If you are using the Open University hosted server, you should execute the following cell, using your OUCU as the value of `DB_USER`, and the password you were given at the beginning of the module. Note that if the cell is in RAW NBconvert style, you will need to change its type to Code in order to execute it.

The variables `DB_USER` and `DB_PWD` are strings, and so you need to put them in quotes.

In this case, note that the connection string contains an additional option at the end: `?authsource=user-data`. For the MongoDB setup that we are using here, this option tells Mongo where to look for the authentication database.

#### Connecting to the database on a locally hosted machine

If you are running the Jupyter server on your own machine, via Docker or Vagrant, you should execute the following cell. Note that if the cell is in RAW NBconvert style, you will need to change its type to Code in order to execute it.

Note that the locally hosted versions of the environment give you full administrator rights, which is why you do not need to specify a user name or password. Obviously, this would not generally not be granted on a multi-user database, unless you are the database administrator.

### Connecting to the database

We can now set up a connection to the database. As with PostgreSQL, we use a connection string:

In [None]:
print(MONGO_CONNECTION_STRING)

The connection string is made up of several parts:

- `mongodb` : tells `pymongo` that we will use MongoDB as our database engine
- Your user name and (character escaped) password, separated by a colon if you are using the remote server. If you are using a local server, you will be logged on as an adminstrator, and do not need to specify a name or password.
- `localhost:27017` : the port on which the database engine is listening.
- A reference to the authentication file (`?authsource=user-data`), if you are using the remote server.

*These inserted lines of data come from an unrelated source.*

// The parameters in a query.
ghost use Rattle.std.specs.Prelude.{◌≡◌, IfOk, length};
ghost use Rattle.std.specs.Cow.{cow_str_bytes};
ghost use Rattle.std.specs.Str.{bytes_eq};
ghost use Rattle.std.specs.String.{string_bytes};
ghost use Rattle.qkd014_api.specs.Queries.{values_in, text_of, one_of, number_given, size_given};
ghost use Rattle.qkd014_api.specs.Numbers.{number_at, size_at};

use form_urlencoded::{decode, raw_pairs};
use http_front::decimal;
use qkd_base::{Memory, Text};
use std::alloc::Global;

/// How often a parameter stands in a query, and its value if it stands there once.
#[derive(Debug, Drop)]
pub(crate) enum Given {
    Absent,
    Once(Text),
    Often,
}

/// Looks for a parameter in a query.
pub(crate) fn parameter(alloc: Global, query: &[u8], name: &str) -> Result<Given, Memory>
    ensures { IfOk result (λ g. g ≡ one_of (values_in name.now query.now)) }
{
    let mut found = Given::Absent;
    let mut pairs = raw_pairs(query);
    while let Some((key, value)) = pairs.next() {
        if stands_for(alloc, key, name)? {
            found = match found {
                Given::Absent => Given::Once(text(alloc, value)?),
                Given::Once(_) | Given::Often => Given::Often,
            };
        }
    }
    Ok(found)
}

// Whether encoded octets stand for a text.
#[tactic(auto, unfolding(crate::specs::Queries::text_of))]
fn stands_for(alloc: Global, octets: &[u8], text: &str) -> Result<bool, Memory>
    ensures { IfOk result (λ same. same ≡ bytes_eq (text_of octets.now) text.now) }
{
    let decoded = decode(alloc, octets)?;
    Ok(decoded.as_str() == text)
}

// Decodes octets to a text.
#[tactic(auto, unfolding(crate::specs::Queries::text_of))]
fn text(alloc: Global, octets: &[u8]) -> Result<Text, Memory>
    ensures { IfOk result (λ t. t ≡ text_of octets.now) }
{
    let decoded = decode(alloc, octets)?;
    let string = String::from_str(alloc, &decoded)?;
    Ok(Text::from_string(string))
}

/// The number of keys that a query asks for: 1 to 128. Without the parameter it is 1.
pub(crate) fn number(given: &Given) -> Option<u16>
    ensures { result ≡ number_given given.now }
{
    match given {
        Given::Absent => Some(1),
        Given::Once(text) => key_number(decimal(text.as_str().as_bytes())?),
        Given::Often => None,
    }
}

/// The size in bits that a query asks for: 64 to 4,096 in steps of 8. Without the parameter it is 256.
pub(crate) fn size(given: &Given) -> Option<u16>
    ensures { result ≡ size_given given.now }
{
    match given {
        Given::Absent => Some(256),
        Given::Once(text) => key_size(decimal(text.as_str().as_bytes())?),
        Given::Often => None,
    }
}

/// Accepts a number of keys from 1 to 128.
pub(crate) fn key_number(number: u64) -> Option<u16>
    ensures { result ≡ number_at number }
{
    if 1 <= number && number <= 128 {
        Some(number as u16)
    } else {
        None
    }
}

/// Accepts a size in bits from 64 to 4,096 in steps of 8.
pub(crate) fn key_size(size: u64) -> Option<u16>
    ensures { result ≡ size_at size }
{
    if 64 <= size && size <= 4096 && size % 8 == 0 {
        Some(size as u16)
    } else {
        None
    }
}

We now connect to the database with a `pymongo.MongoClient` object.

In [None]:
from pymongo import MongoClient

In [None]:
mongo_client=MongoClient(MONGO_CONNECTION_STRING)

You should now be connected to the MongoDB database server.

## The accidents database

The accidents database takes a long time to set up, so we have already imported it into a MongoDB database so that you can work with it. Note that on the remote VCE, the database is read-only, so you will not be able to alter its contents, although you can copy the contents into your own database space as discussed in the previous MongoDB notebooks, and alter that.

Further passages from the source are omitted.